__PROBLEM DETAILS__
Would you please output, word for word, the span of the listing below that opens on the line containing "asks_that(ask, kept) && is_told(&kept.reply, &ask.reply)" and closes on the line containing "one by one."? Include both ends and nothing more.

__AVAILABLE DATA__
= Beginning of Section =
// A record beside the runs that a module performs when nothing is replicated.
ghost use Rattle.std.specs.Prelude.{◌≡◌, ◌+◌, ◌≤◌, ℕ, length, Some, IfSome, IfNone, IsSomeAnd, option_copied, slice_get};
ghost use Rattle.std.specs.Bool.{Decides};
ghost use Rattle.circus_record.specs.declared.record.AskRecord.{AskRecord as Kept};
ghost use Rattle.circus_member_theory.specs.Stands.{AsksThat, IsAnsweredSo, WaitsFor, AreAnsweredSo, IsEnteredSo, IsPerformed, IsUnderWay};
ghost use Rattle.circus_verdict.specs.Beside.{IsSoFar, IsRight, IsFirstWrongRun};

use crate::same::Same;
use circus_model::{Ask, Run};
use circus_record::{AskRecord, MemberRecord, RunRecord};

// A value is told, and it is this one.
fn is_told<T: Same>(told: &Option<T>, value: &T) -> bool
    ensures { Decides result (told.now ≡ Some value.now) }
{
    match told {
        Some(told) => told.is_same(value),
        None => false,
    }
}

// It asks what an ask of the history does, in the same state.
fn asks_that(ask: &Ask, kept: &AskRecord) -> bool
    ensures { Decides result (AsksThat ask.now kept.now) }
{
    kept.callee == ask.callee
        && kept.index == ask.index
        && kept.procedure == ask.procedure
        && kept.arguments.is_same(&ask.arguments)
        && kept.state.is_same(&ask.state)
}

// And had that ask's reply.
fn is_answered_so(ask: &Ask, kept: &AskRecord) -> bool
    ensures { Decides result (IsAnsweredSo ask.now kept.now) }
{
    asks_that(ask, kept) && is_told(&kept.reply, &ask.reply) && is_told(&kept.after, &ask.after)
}

// Or waits for it.
fn waits_for(ask: &Ask, kept: &AskRecord) -> bool
    ensures { Decides result (WaitsFor ask.now kept.now) }
{
    asks_that(ask, kept) && kept.reply.is_none() && kept.after.is_none()
}

// Asks of the history were made and answered, one by one.
fn are_answered_so(asks: &[Ask], made: &[AskRecord]) -> bool
    ensures { Decides result (AreAnsweredSo asks.now made.now) }
{
    if asks.len() != made.len() {
        return false;
    }
    for (place, kept) in made.iter().enumerate() {
        if !is_answered_so(&asks[place], kept) {
            return false;
        }
    }
    true
}

// It was entered as a run of the history is.
fn is_entered_so(run: &Run, kept: &RunRecord) -> bool
    ensures { Decides result (IsEnteredSo run.now kept.now) }
{
    kept.root == run.root
        && kept.path.is_same(&run.path)
        && kept.procedure == run.procedure
        && kept.arguments.is_same(&run.arguments)
        && kept.entry.is_same(&run.entry)
}

// It is that run, from its entry to its end.
fn is_performed(run: &Run, kept: &RunRecord) -> bool
    ensures { Decides result (IsPerformed run.now kept.now) }
{
    is_entered_so(run, kept)
        && are_answered_so(run.asks.as_slice(), kept.asks.as_slice())
        && is_told(&kept.outcome, &run.outcome)
        && is_told(&kept.state, &run.state)
        && is_told(&kept.end, &run.end)
}

// It is that run as far as an ask that waits.
fn is_under_way(run: &Run, kept: &RunRecord) -> bool
    ensures { Decides result ((waiting : Kept) × IsUnderWay run.now kept.now waiting) }
{
    let Some((waiting, made)) = kept.asks.as_slice().split_last() else {
        return false;
    };
    match run.asks.get(made.len()) {
        Some(ask) => {
            is_entered_so(run, kept)
                && are_answered_so(&run.asks.as_slice()[..made.len()], made)
                && waits_for(ask, waiting)
                && has_no_end(kept)
        }
        None => false,
    }
}

// It has not ended.
fn has_no_end(kept: &RunRecord) -> bool
    ensures { Decides result
        ((kept.now.outcome ≡ None) × (kept.now.state ≡ None) × (kept.now.end ≡ None)) }
{
    kept.outcome.is_none() && kept.state.is_none() && kept.end.is_none()
}

// It is that run as far as it goes.
fn is_so_far(run: &Run, kept: &RunRecord) -> bool
    ensures { Decides result (IsSoFar run.now kept.now) }
{
    is_performed(run, kept) || is_under_way(run, kept)
}

fn run_at(runs: &[Run], place: usize) -> Option<&Run>
    ensures { option_copied result ≡ slice_get runs.now place }
{
    runs.get(place)
}

// There is a run of the history, and it is that as far as it goes.
fn is_that(there: Option<&Run>, kept: &RunRecord) -> bool
    ensures { Decides result (IsSomeAnd (option_copied there.entry) (λ run. IsSoFar run kept.now)) }
{
    match there {
        Some(run) => is_so_far(run, kept),
        None => false,
    }
}

/// The number of the first run of a record that isn't the one which the module performs in its place.
pub(crate) fn first_wrong_run(runs: &[Run], kept: &MemberRecord) -> Option<usize>
    requires { kept.now.from + length kept.now.runs ≤ 4294967296 }
    ensures wrong { IfSome result (IsFirstWrongRun runs.now kept.now) }
    ensures right { IfNone result ((number : ℕ) → IsRight runs.now kept.now number) }
{
    for (number, run) in kept.runs.as_slice().iter().enumerate() {
        if !is_that(run_at(runs, kept.from as usize + number), run) {
            return Some(number);
        }
    }
    None
}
= End of Section =
__TASK ANSWER__
    asks_that(ask, kept) && is_told(&kept.reply, &ask.reply) && is_told(&kept.after, &ask.after)
}

// Or waits for it.
fn waits_for(ask: &Ask, kept: &AskRecord) -> bool
    ensures { Decides result (WaitsFor ask.now kept.now) }
{
    asks_that(ask, kept) && kept.reply.is_none() && kept.after.is_none()
}

// Asks of the history were made and answered, one by one.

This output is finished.